The line that contains "use crate::document::Document;" marks the end: retype the data below exactly from its first line through that line.

:: Data provided

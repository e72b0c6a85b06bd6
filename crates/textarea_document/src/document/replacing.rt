//! Text that is replaced: a removal and an insertion, in one group of edits.
ghost use Rattle.std.specs.Prelude.{◌≡◌, ◌≤◌, string_bytes, OnOk, OnErr, IfOk};
ghost use Rattle.std.specs.Arc.{arc_value};
ghost use Rattle.textarea_text.specs.Fragment.{fragment_text};
ghost use Rattle.textarea_document.specs.Prelude.{as_nanos, chars, text_and_layout, text_of, wrapped_at_once, IsChangedFrom, IsPlace, index_of};
ghost use Rattle.textarea_document.specs.Replacing.{ahead_replaced, all_replaced, each_replaced, ended_after, first_place, last_place, range_replaced, replaces, stretch_end, stretch_removed, stretch_replaced, stretch_start, stretch_symbols};

use crate::document::Document;
use crate::document::insertions::has_symbol;
use crate::document::selection::comes_before;
use std::alloc::AllocError;
use std::sync::Arc;
use std::time::Duration;
use textarea_text::fragment::join_with_line_feeds;
use textarea_text::places::{ahead, clip};
use textarea_text::text_slice::between;

impl Document {
    /// Returns the positions of the text that are nearest to these two, the first one first.
    pub fn stretch(
        &self,
        from: (usize, usize),
        to: (usize, usize),
    ) -> ((usize, usize), (usize, usize))
        ensures start { result.0 ≡ stretch_start self.now.text from to }
        ensures end { result.1 ≡ stretch_end self.now.text from to }
        ensures start_place { IsPlace self.now.text result.0 }
        ensures end_place { IsPlace self.now.text result.1 }
        ensures ordered { index_of self.now.text result.0 ≤ index_of self.now.text result.1 }
    {
        let lines = self.lines();
        let one = clip(lines, from);
        let other = clip(lines, to);
        in_order(one, other)
    }

    /// Returns the text between the positions that are nearest to these two, which may be in either
    /// order, with a line feed for each line break.
    pub fn text_range(&self, from: (usize, usize), to: (usize, usize)) -> Result<String, AllocError>
        ensures { IfOk result (λ text.
            chars (string_bytes text) ≡ fragment_text (stretch_symbols self.now.text from to)) }
    {
        let (start, end) = self.stretch(from, to);
        let alloc = self.allocator();
        let fragment_lines = between(alloc, self.lines(), start, end)?;
        join_with_line_feeds(alloc, fragment_lines.as_slice())
    }

    /// Returns a copy of the document in which the text between the positions that are nearest to
    /// these two, which may be in either order, is removed, with each range that it overlaps, and
    /// the fragment is inserted there. Both are one group of edits, which ends unless a group was
    /// open before. The cursor is after the fragment, and nothing is selected.
    #[tactic(auto, unfolding(crate::specs::Replacing::range_replaced))]
    pub fn replaced(
        &self,
        from: (usize, usize),
        to: (usize, usize),
        fragment_lines: Arc<Vec<String>>,
        now: Duration,
    ) -> Result<Document, AllocError>
        ensures { IfOk result (λ copy. copy ≡ range_replaced self.now from to
            (text_of (arc_value fragment_lines).items) (as_nanos now)) }
    {
        let (start, end) = self.stretch(from, to);
        let mut copy = self.copied()?;
        copy.begin_group();
        copy.replace_stretch(start, end, fragment_lines, now)?;
        Ok(self.end_group_of(copy))
    }

    /// Replaces the text between two positions as `replaced` does, and returns whether that removed
    /// or inserted a symbol.
    pub fn replace_range(
        &mut self,
        from: (usize, usize),
        to: (usize, usize),
        fragment_lines: Arc<Vec<String>>,
        now: Duration,
    ) -> Result<bool, AllocError>
        ensures replaced { IfOk result (λ replaced. replaced
            ≡ replaces self.old.text from to (text_of (arc_value fragment_lines).items)) }
        ensures ok { OnOk result (self.new ≡ range_replaced self.old from to
            (text_of (arc_value fragment_lines).items) (as_nanos now)) }
        ensures err { OnErr result (self.new ≡ self.old) }
    {
        let (start, end) = self.stretch(from, to);
        let replaces = comes_before(start, end) || has_symbol(fragment_lines.as_slice());
        let copy = self.replaced(from, to, fragment_lines, now)?;
        self.replace_with(copy);
        Ok(replaces)
    }

    /// Replaces stretches of the text by the fragment, one after another, as one group of edits,
    /// which ends unless a group was open. Each stretch is given by the number of symbols before
    /// its start and before its end in the text as it is now; they are in order. What is inserted
    /// is passed over. The cursor is then after the last of them; without any, nothing changes. Each
    /// line that is touched is wrapped once, and no other, unless the number of lines changes how
    /// lines wrap.
    #[tactic(auto, unfolding(crate::specs::Replacing::all_replaced))]
    pub fn replace_all(
        &mut self,
        stretches: &[(usize, usize)],
        fragment_lines: &Arc<Vec<String>>,
        now: Duration,
    ) -> Result<(), AllocError>
        ensures ok { OnOk result (self.new ≡ all_replaced self.old stretches.now
            (text_of (arc_value fragment_lines.now).items) (as_nanos now)) }
        ensures err { OnErr result (self.new ≡ self.old) }
    {
        if stretches.is_empty() {
            return Ok(());
        }
        self.is_sound();
        let mut copy = self.with_lines_numbered()?;
        copy.begin_group();
        copy.move_to((0, 0), None);
        copy.replace_each(stretches, fragment_lines, now)?;
        let ended = self.end_group_of(copy);
        self.put_edited(ended)
    }

    // Replaces the stretches one after another, from the cursor on, before which there are none.
    fn replace_each(
        &mut self,
        stretches: &[(usize, usize)],
        fragment_lines: &Arc<Vec<String>>,
        now: Duration,
    ) -> Result<(), AllocError>
        ensures { OnOk result (self.new ≡ each_replaced self.old 0 stretches.now
            (text_of (arc_value fragment_lines.now).items) (as_nanos now)) }
    {
        let mut passed = 0;
        for stretch in stretches {
            let (start, end) = *stretch;
            let fragment = fragment_lines.clone()?;
            let skip = start.saturating_sub(passed);
            self.replace_ahead(skip, end.saturating_sub(start), fragment, now)?;
            passed = end;
        }
        Ok(())
    }

    // Skips `skip` symbols after the cursor, and replaces the `count` symbols after them.
    #[tactic(auto, unfolding(crate::specs::Replacing::ahead_replaced))]
    fn replace_ahead(
        &mut self,
        skip: usize,
        count: usize,
        fragment_lines: Arc<Vec<String>>,
        now: Duration,
    ) -> Result<(), AllocError>
        ensures { OnOk result (self.new ≡ ahead_replaced self.old skip count
            (text_of (arc_value fragment_lines).items) (as_nanos now)) }
    {
        let start = ahead(self.lines(), self.cursor(), skip);
        let end = ahead(self.lines(), start, count);
        self.replace_stretch(start, end, fragment_lines, now)
    }

    // Removes the text between the positions, if there is any, and inserts the fragment there.
    #[tactic(auto, unfolding(crate::specs::Replacing::stretch_replaced))]
    pub(super) fn replace_stretch(
        &mut self,
        start: (usize, usize),
        end: (usize, usize),
        fragment_lines: Arc<Vec<String>>,
        now: Duration,
    ) -> Result<(), AllocError>
        requires start { IsPlace self.old.text start }
        requires end { IsPlace self.old.text end }
        ensures { OnOk result (self.new ≡ stretch_replaced self.old start end
            (text_of (arc_value fragment_lines).items) (as_nanos now)) }
    {
        self.remove_stretch(start, end, now)?;
        self.insert(fragment_lines, now)?;
        Ok(())
    }

    // Removes the text between the positions; if there is none, moves the cursor there.
    #[tactic(auto, using(crate::proofs::Orders::index_before), unfolding(crate::specs::Replacing::stretch_removed))]
    pub(super) fn remove_stretch(
        &mut self,
        start: (usize, usize),
        end: (usize, usize),
        now: Duration,
    ) -> Result<(), AllocError>
        requires start { IsPlace self.old.text start }
        requires end { IsPlace self.old.text end }
        ensures { OnOk result (self.new ≡ stretch_removed self.old start end (as_nanos now)) }
    {
        if comes_before(start, end) {
            return self.remove(start, end, now);
        }
        self.move_to(start, None);
        Ok(())
    }

    // Ends the group that began in a copy of this document, unless one is open here.
    pub(super) fn end_group_of(&self, copy: Document) -> Document
        ensures { result ≡ ended_after self.now copy }
    {
        let mut ended = copy;
        if !self.has_open_group() {
            ended.end_group();
        }
        ended
    }

    // Replaces the document by a copy to which edits of its numbered lines led, and wraps each line
    // that they touched.
    fn put_edited(&mut self, copy: Document) -> Result<(), AllocError>
        requires { IsChangedFrom (text_and_layout self.old) (text_and_layout copy) }
        ensures ok { OnOk result (self.new ≡ wrapped_at_once self.old copy) }
        ensures err { OnErr result (self.new ≡ self.old) }
    {
        let Document {
            text_layout,
            cursor,
            anchor,
            ranges,
            history,
            changes,
            range_history,
        } = copy;
        let wrapped = self.text_layout.wrapped_once(text_layout)?;
        self.text_layout = wrapped;
        self.cursor = cursor;
        self.anchor = anchor;
        self.ranges = ranges;
        self.history = history;
        self.changes = changes;
        self.range_history = range_history;
        Ok(())
    }

    /// Replaces the document by another one.
    pub fn replace_with(&mut self, other: Document)
        ensures { self.new ≡ other }
    {
        let Document {
            text_layout,
            cursor,
            anchor,
            ranges,
            history,
            changes,
            range_history,
        } = other;
        self.text_layout = text_layout;
        self.cursor = cursor;
        self.anchor = anchor;
        self.ranges = ranges;
        self.history = history;
        self.changes = changes;
        self.range_history = range_history;
    }
}

// Returns two positions, the first one first.
fn in_order(one: (usize, usize), other: (usize, usize)) -> ((usize, usize), (usize, usize))
    ensures { result ≡ (first_place one other, last_place one other) }
{
    if comes_before(other, one) {
        (other, one)
    } else {
        (one, other)
    }
}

::::

Answer space
repository e72b0c6a85b06bd6
filename crates/textarea_document/src/document/replacing.rt
//! Text that is replaced: a removal and an insertion, in one group of edits.
ghost use Rattle.std.specs.Prelude.{◌≡◌, ◌≤◌, string_bytes, OnOk, OnErr, IfOk};
ghost use Rattle.std.specs.Arc.{arc_value};
ghost use Rattle.textarea_text.specs.Fragment.{fragment_text};
ghost use Rattle.textarea_document.specs.Prelude.{as_nanos, chars, text_and_layout, text_of, wrapped_at_once, IsChangedFrom, IsPlace, index_of};
ghost use Rattle.textarea_document.specs.Replacing.{ahead_replaced, all_replaced, each_replaced, ended_after, first_place, last_place, range_replaced, replaces, stretch_end, stretch_removed, stretch_replaced, stretch_start, stretch_symbols};

use crate::document::Document;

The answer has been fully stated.